- **DESCRIPTION OF THE TASK**
Repeat the data exactly as it appears.

Stored items

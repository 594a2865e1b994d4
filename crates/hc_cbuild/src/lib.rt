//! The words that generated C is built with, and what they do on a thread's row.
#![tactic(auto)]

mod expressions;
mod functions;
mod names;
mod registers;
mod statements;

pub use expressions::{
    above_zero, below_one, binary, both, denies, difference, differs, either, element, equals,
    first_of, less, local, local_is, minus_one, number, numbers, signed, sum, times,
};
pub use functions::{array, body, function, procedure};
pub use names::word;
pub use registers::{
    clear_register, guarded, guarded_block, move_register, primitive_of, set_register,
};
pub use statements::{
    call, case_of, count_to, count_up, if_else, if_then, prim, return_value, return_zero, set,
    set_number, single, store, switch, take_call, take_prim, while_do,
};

- **TASK OUTPUT**
repository 594a2865e1b994d4
filename crates/hc_cbuild/src/lib.rt
//! The words that generated C is built with, and what they do on a thread's row.
#![tactic(auto)]

mod expressions;
mod functions;
mod names;
mod registers;
mod statements;

pub use expressions::{
    above_zero, below_one, binary, both, denies, difference, differs, either, element, equals,
    first_of, less, local, local_is, minus_one, number, numbers, signed, sum, times,
};
pub use functions::{array, body, function, procedure};
pub use names::word;
pub use registers::{
    clear_register, guarded, guarded_block, move_register, primitive_of, set_register,
};
pub use statements::{
    call, case_of, count_to, count_up, if_else, if_then, prim, return_value, return_zero, set,
    set_number, single, store, switch, take_call, take_prim, while_do,
};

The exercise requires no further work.